▸ EXERCISE PROMPT:
Read the listing below and copy out every line that holds "third".
[Start of Attachment]
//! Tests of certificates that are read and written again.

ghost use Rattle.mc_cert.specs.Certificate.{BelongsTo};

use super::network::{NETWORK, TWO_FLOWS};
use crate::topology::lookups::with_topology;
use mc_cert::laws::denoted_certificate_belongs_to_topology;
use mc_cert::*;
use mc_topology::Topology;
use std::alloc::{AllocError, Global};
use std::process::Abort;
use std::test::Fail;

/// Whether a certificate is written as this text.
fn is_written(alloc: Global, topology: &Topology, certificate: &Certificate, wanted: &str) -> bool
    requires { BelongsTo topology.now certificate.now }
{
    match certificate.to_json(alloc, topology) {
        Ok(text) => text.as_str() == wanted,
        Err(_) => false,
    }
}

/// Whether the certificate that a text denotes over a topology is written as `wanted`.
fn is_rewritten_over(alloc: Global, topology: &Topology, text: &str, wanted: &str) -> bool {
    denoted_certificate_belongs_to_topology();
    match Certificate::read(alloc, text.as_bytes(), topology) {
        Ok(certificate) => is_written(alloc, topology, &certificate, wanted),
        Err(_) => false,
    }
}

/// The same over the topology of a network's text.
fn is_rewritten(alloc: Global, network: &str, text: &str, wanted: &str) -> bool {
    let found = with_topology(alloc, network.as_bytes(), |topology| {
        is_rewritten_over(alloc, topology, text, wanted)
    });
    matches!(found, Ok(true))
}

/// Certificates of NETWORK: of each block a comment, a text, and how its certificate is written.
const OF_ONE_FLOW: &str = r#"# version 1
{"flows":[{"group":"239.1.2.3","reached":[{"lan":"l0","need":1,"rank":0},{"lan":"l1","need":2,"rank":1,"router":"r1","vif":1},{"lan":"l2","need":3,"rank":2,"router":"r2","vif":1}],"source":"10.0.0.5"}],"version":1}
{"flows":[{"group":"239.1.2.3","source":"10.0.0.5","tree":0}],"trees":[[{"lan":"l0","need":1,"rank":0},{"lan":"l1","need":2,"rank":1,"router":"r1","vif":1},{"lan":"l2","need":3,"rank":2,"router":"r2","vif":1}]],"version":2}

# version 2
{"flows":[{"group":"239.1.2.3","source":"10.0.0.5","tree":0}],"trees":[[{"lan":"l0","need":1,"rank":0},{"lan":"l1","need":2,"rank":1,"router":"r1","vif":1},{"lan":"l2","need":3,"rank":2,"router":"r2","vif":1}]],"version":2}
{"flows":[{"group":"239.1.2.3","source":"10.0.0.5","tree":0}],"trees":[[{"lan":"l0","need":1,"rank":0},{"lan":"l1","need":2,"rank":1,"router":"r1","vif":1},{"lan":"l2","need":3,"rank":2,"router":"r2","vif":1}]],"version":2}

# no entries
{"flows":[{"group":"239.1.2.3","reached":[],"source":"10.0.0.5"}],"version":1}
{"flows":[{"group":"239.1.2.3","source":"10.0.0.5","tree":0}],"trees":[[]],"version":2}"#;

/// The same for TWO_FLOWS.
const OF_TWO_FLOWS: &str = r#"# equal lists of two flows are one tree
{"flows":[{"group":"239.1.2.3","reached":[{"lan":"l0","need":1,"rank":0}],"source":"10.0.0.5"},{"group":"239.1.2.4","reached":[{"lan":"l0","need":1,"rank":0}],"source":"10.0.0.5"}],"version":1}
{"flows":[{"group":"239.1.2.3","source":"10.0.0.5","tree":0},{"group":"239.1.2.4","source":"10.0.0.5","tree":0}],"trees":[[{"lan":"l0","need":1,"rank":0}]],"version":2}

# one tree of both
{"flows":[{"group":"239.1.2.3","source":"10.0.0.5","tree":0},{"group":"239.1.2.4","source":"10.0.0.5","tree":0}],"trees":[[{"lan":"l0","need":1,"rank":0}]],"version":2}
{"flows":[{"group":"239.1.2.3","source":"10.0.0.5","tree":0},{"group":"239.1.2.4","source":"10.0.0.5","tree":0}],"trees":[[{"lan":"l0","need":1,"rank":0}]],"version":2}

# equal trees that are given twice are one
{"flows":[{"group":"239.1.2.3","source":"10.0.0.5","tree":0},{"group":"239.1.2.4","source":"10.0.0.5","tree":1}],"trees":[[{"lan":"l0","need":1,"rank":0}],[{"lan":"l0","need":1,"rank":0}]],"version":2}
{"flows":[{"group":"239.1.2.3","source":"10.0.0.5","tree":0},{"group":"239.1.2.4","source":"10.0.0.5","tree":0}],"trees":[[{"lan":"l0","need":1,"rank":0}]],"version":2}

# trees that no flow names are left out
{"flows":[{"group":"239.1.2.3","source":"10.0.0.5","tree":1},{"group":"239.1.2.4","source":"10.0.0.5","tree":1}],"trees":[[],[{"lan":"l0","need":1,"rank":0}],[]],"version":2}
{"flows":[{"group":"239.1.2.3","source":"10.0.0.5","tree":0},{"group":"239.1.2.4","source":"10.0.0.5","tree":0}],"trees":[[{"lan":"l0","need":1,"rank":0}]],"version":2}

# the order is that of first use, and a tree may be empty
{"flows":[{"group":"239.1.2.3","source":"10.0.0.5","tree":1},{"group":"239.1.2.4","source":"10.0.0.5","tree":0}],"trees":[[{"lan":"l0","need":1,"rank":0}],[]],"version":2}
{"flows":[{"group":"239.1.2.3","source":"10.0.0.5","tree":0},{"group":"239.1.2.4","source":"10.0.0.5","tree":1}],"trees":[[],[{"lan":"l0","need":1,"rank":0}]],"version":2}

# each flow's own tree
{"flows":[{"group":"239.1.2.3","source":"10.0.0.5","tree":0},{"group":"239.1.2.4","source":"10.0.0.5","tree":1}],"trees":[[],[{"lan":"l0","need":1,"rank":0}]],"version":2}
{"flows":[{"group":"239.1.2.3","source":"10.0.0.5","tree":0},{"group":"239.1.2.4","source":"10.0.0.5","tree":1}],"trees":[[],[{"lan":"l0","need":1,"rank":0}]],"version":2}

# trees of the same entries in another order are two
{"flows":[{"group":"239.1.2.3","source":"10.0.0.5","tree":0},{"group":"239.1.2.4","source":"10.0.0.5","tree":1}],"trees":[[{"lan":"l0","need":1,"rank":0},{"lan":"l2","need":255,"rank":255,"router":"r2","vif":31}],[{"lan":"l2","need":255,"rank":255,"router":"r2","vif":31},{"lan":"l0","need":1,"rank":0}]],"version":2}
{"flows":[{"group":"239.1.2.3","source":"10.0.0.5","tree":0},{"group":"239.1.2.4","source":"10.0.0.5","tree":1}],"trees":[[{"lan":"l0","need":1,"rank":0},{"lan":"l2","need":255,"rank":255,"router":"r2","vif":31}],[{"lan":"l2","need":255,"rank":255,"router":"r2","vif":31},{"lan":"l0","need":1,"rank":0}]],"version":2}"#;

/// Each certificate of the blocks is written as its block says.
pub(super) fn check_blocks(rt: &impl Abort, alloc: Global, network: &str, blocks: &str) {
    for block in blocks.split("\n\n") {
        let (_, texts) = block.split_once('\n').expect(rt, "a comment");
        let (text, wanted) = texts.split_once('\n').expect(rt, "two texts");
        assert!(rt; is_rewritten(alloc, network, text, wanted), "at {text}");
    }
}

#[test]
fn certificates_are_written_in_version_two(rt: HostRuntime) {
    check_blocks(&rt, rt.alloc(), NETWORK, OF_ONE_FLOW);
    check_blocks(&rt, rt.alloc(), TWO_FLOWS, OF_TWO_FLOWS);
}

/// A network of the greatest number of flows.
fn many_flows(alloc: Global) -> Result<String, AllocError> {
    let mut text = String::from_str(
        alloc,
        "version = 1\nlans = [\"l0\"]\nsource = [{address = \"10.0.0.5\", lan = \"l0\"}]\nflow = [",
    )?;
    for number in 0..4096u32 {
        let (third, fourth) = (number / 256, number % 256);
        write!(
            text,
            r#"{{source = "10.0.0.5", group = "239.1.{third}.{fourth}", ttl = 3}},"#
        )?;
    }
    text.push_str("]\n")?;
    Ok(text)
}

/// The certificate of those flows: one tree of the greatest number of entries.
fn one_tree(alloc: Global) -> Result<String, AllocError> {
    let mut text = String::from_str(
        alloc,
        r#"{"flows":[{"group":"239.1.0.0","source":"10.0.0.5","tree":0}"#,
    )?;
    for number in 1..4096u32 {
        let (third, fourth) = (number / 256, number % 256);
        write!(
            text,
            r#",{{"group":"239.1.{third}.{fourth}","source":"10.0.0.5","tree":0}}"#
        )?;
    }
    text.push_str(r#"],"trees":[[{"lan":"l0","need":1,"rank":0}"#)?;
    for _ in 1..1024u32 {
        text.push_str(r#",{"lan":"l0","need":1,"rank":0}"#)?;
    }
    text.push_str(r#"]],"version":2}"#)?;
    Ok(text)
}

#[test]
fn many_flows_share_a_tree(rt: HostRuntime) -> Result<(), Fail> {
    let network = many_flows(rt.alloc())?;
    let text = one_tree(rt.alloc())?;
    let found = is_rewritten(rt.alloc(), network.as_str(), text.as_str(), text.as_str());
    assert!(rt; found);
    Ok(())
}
[End of Attachment]
▸ YOUR SOLUTION:
        let (third, fourth) = (number / 256, number % 256);
            r#"{{source = "10.0.0.5", group = "239.1.{third}.{fourth}", ttl = 3}},"#
        let (third, fourth) = (number / 256, number % 256);
            r#",{{"group":"239.1.{third}.{fourth}","source":"10.0.0.5","tree":0}}"#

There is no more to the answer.